Reaching financial goals you’ve set for yourself starts with the right plan. Use the SMART acronym to test your short- and long-term goals.
Published July 05, 2022
Reaching financial goals you’ve set for yourself starts with the right plan. Use the SMART acronym to test if your short- and long-term goals are Specific, Measurable, Achievable, Relevant and Time-based.
Reaching a goal you’ve set for yourself starts with making sure it’s the right one.
Use the SMART acronym to test your short- and long-term goals:
First, ask yourself – Is my goal Specific? The more detailed your goal, the easier it is to work toward. “I want to save $1,000,000 by age 50” is better than “I want to save a lot of money by the time I’m older.”
Next, is it Measurable? Seeing the progress you’re making is a great motivator. For example, if you’re trying to grow your savings, measure your results by checking your account balance periodically.
Is it Achievable? Realistic goals are more likely to succeed. For example, saving $1,000,000 in 15 years is doable, but saving $10,000,000 might not be.
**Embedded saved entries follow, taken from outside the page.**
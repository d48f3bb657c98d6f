//! The lines of a region.
ghost use Rattle.std.specs.Prelude.{◌≡◌, ◌<◌, ◌≤◌, ◌^◌, ◌↔◌, IsNone, IsTrue, false, length};
ghost use Rattle.cbm.specs.Masks.{has_way, ways_of};
ghost use Rattle.machine.specs.Maps.{bytes_of, parameters_of};
ghost use Rattle.pseudo_lock.specs.Lines.{line_at, loaded_line, ways_below};

use crate::region::Region;
use cbm::count;
use machine::Machine;

// The bytes of a line.
const LINE_BYTES: u64 = 64;

/// The line of a region at this offset in bytes. `None` says that the offset is not below the region's size
/// (this project's profile).
pub fn line_at(region: &Region, machine: &Machine, offset: u64) -> Option<u64>
    requires { region.now.first_line < 2 ^ 60 }
    ensures line { result ≡ line_at (parameters_of machine.now) region.now offset }
    ensures past { IsNone result ↔ (bytes_of (parameters_of machine.now) (ways_of region.now.mask) ≤ offset) }
{
    if machine.bytes_of(region.mask) <= offset {
        return None;
    }
    Some(region.first_line + offset / LINE_BYTES)
}

/// The line that a Lock of these ways puts in this way of a set, both numbered from 0. `None` says that the mask does
/// not have the way (this project's profile).
pub fn load_place(machine: &Machine, mask: u32, first_line: u64, set: u32, way: u8) -> Option<u64>
    requires set { set < machine.now.sets }
    requires low { first_line < 2 ^ 60 }
    ensures line { result ≡ loaded_line (parameters_of machine.now) mask first_line set way }
    ensures absent { IsNone result ↔ (has_way mask way ≡ false) }
{
    if !has_way(mask, way) {
        return None;
    }
    let rows = u64::from(ways_below(mask, way)) * u64::from(machine.sets);
    Some(first_line + u64::from(set) + rows)
}

// Whether the mask has the way.
fn has_way(mask: u32, way: u8) -> bool
    ensures way { result ≡ has_way mask way }
    ensures exists { IsTrue result → way < 32 }
{
    u32::from(way) < u32::BITS && (mask >> way) & 1 == 1
}

// How many ways below this one the mask has.
fn ways_below(mask: u32, way: u8) -> u32
    requires { way < 32 }
    ensures { result ≡ ways_below mask way }
{
    count(mask % (1 << way))
}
Is it Relevant? Ask yourself why this goal is important to you and your future. If it doesn’t align with your values and objectives, you might be less motivated to make it happen.
And finally, is it Time-based? Putting a time frame on your goal makes it more specific, measurable and achievable.
Making sure your goals are SMART will improve your odds of actually achieving them – and make you look smart in the process!